OBJECTIVE: To evaluate the performance of T1 mapping in the characterization of extraocular muscles (EOMs) of Graves' ophthalmopathy (GO) patients and investigate its feasibility in assessing the response to glucocorticoid therapy in active GO patients. METHODS: A total of 133 participants (78 active GO, 23 inactive GO, 18 Graves' disease (GD) patients, and 14 healthy volunteers) were consecutively enrolled from July 2018 to December 2020. Native T1 (nT1) and postcontrast T1 (cT1) values of EOMs were measured and compared. The variations in T1 mapping metrics of EOMs were compared pre/post glucocorticoid treatment in 23 follow-up active GO patients. Logistic regression analysis and receiver operating characteristic (ROC) curve analysis were performed. RESULTS: The nT1 of EOMs in GO patients was higher than that in GD patients and healthy volunteers. The nT1 of superior rectus (SR) in active GO was higher than that in inactive GO patients, and it could be used as a potential marker of GO activity (OR: 1.003; 95% CI: 1.001, 1.004), with a diagnostic sensitivity of 86.3% and specificity of 43.7%. Meanwhile, the cT1 of SR, inferior rectus (IR), and medial rectus (MR) in inactive GO patients were higher than those in active GO patients.
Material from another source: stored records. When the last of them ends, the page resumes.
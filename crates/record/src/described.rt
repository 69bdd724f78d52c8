// A body with its kind, which tells where each field stands.
ghost use Rattle.std.specs.Prelude.{◌≡◌};
ghost use Rattle.record.specs.Named.{text_given};

use crate::FieldKey;
use crate::walking::text_at;
use delivery::{Body, Kind};

/// A body, and the kind whose fields it is to have.
#[derive(Clone, Copy)]
pub(crate) struct Described<'a> {
    pub(crate) kind: Kind,
    pub(crate) body: Body<'a>,
}

impl<'a> Described<'a> {
    /// The text of a field; empty where the body has no such field.
    pub(crate) fn text<F: FieldKey>(self, field: F) -> &'a [u8]
        ensures { result.now ≡ text_given self.entry.body.bytes.now (F.index self.entry.kind field) }
    {
        match field.index(self.kind) {
            Some(index) => text_at(self.body, index),
            None => b"",
        }
    }
}
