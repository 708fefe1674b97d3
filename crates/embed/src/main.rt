// A port embedded in a program of one's own: a start, a run of bytes, the reply. docs/CALLING.md goes through it.
#![tactic(auto)]

use unit::Inputs;

fn stop(rt: &impl Eprint, why: &str) {
    let _ = rt.eprintln(why);
}

fn main(rt: HostRuntime) {
    // The flash: an array here, what the device stores elsewhere. All 00, it is not blank, and its ID is seven zeros.
    let mut image = [0; flash::IMAGE];
    let Ok(fresh) = port::start(&image, Inputs { protection: 3 }) else {
        return stop(&rt, "embed: the start is refused");
    };
    // Sixteen zeros and B0 wake the unit, 70 asks for its status, FB for its version: they reply 1, 2 and 8 bytes.
    let mut bytes = [0; 19];
    bytes[16..].copy_from_slice(&[0xB0, 0x70, 0xFB]);
    let mut area = [0; 11 + 256];
    let Ok(answer) = port::run(fresh, &mut image, &bytes, &mut area) else {
        return stop(&rt, "embed: the run is refused");
    };
    if answer.taken < bytes.len() {
        return stop(&rt, "embed: the area has too little room");
    }
    let _ = rt.write_all(slices::first(&area, answer.reply_len));
}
The nT1 of EOMs achieved sufficient diagnostic performance in evaluating the response to glucocorticoid therapy for follow-up active GO patients (AUC, 0.797; sensitivity, 71.9%; specificity, 85.7%). CONCLUSIONS: T1 mapping could quantitatively assess the activity of GO and the response to glucocorticoid therapy in active GO patients and may even potentially reflect the fibrosis of EOMs. CLINICAL RELEVANCE STATEMENT: T1 values can reflect the pathological status of the extraocular muscle. T1 mapping could help to quantitatively assess the clinical activity of GO and the response to glucocorticoid therapy in active GO patients. KEY POINTS: • Graves' ophthalmopathy patients had greater nT1 of extraocular muscles than Graves' disease patients and healthy volunteers, and nT1 of the superior rectus could be a potential marker of Graves' ophthalmopathy activity. • The cT1 of extraocular muscles in inactive Graves' ophthalmopathy patients was higher than that in active Graves' ophthalmopathy patients, and it might be associated with muscle fibrosis. • nT1 of extraocular muscles could offer sufficient diagnostic performance in evaluating the response to glucocorticoid therapy for follow-up active Graves' ophthalmopathy patients.